# [Your assignment]
Check each line of the records below for the string "PlayerSeat", then state how many lines contain it, with no other output.

# [Stored data]
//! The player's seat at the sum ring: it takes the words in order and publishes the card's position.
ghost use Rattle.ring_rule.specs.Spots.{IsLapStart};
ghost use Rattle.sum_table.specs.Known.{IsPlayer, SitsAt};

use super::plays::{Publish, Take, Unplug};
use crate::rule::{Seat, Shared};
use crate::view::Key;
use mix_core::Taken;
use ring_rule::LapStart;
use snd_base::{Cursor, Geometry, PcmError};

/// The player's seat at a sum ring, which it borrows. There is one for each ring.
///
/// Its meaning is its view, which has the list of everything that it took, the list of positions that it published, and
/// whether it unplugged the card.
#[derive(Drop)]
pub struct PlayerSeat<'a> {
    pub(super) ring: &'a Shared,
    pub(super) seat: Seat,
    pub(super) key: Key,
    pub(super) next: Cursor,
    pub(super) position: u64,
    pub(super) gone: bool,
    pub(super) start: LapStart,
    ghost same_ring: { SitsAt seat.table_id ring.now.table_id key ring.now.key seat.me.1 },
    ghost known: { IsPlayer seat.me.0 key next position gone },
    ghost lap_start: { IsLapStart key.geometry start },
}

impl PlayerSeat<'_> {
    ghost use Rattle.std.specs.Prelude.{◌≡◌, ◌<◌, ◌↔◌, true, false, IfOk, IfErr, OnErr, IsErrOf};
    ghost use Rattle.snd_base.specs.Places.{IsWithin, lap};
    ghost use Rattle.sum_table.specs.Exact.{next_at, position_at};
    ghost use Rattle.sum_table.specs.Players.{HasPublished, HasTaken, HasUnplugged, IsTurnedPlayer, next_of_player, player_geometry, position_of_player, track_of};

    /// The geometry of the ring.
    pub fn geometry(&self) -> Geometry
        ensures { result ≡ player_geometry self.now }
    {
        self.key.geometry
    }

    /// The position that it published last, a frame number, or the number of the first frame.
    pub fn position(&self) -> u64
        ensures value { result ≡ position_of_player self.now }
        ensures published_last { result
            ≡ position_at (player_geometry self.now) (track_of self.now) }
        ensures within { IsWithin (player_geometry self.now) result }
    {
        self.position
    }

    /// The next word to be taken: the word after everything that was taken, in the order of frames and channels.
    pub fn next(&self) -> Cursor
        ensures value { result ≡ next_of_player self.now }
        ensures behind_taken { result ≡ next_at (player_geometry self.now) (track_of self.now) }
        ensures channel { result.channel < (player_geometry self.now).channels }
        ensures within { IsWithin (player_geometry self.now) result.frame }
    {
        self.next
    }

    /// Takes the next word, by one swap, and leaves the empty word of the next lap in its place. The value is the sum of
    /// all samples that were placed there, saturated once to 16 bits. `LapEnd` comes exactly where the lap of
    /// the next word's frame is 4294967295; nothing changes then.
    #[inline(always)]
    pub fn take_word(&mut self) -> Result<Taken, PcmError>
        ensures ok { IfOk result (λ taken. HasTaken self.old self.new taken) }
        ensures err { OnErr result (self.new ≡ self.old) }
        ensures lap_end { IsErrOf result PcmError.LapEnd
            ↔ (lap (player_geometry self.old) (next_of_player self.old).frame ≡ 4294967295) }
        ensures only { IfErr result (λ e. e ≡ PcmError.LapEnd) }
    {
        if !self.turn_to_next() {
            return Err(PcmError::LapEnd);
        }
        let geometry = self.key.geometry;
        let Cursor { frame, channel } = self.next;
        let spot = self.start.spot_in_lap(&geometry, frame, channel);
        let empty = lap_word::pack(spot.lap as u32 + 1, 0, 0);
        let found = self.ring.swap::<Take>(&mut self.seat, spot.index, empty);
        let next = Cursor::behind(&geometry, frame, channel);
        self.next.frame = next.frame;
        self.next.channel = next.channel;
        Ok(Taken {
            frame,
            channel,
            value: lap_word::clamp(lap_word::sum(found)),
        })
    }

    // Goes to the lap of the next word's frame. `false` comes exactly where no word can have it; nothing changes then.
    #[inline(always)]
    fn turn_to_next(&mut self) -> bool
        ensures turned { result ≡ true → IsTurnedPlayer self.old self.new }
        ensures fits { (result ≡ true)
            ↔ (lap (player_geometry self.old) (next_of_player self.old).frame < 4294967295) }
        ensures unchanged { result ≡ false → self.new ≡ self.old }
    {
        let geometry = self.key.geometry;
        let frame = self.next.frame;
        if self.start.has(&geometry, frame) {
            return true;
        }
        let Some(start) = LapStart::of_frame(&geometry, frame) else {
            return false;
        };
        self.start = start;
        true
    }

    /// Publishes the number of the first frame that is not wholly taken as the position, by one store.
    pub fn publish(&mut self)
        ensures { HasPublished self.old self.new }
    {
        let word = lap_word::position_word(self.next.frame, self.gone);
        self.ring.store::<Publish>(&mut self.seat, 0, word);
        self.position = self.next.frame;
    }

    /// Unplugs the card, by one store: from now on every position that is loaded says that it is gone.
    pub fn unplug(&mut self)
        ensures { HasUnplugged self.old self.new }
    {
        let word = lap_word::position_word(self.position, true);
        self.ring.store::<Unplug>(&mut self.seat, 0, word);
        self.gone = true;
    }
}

# [Response to the exercise]
2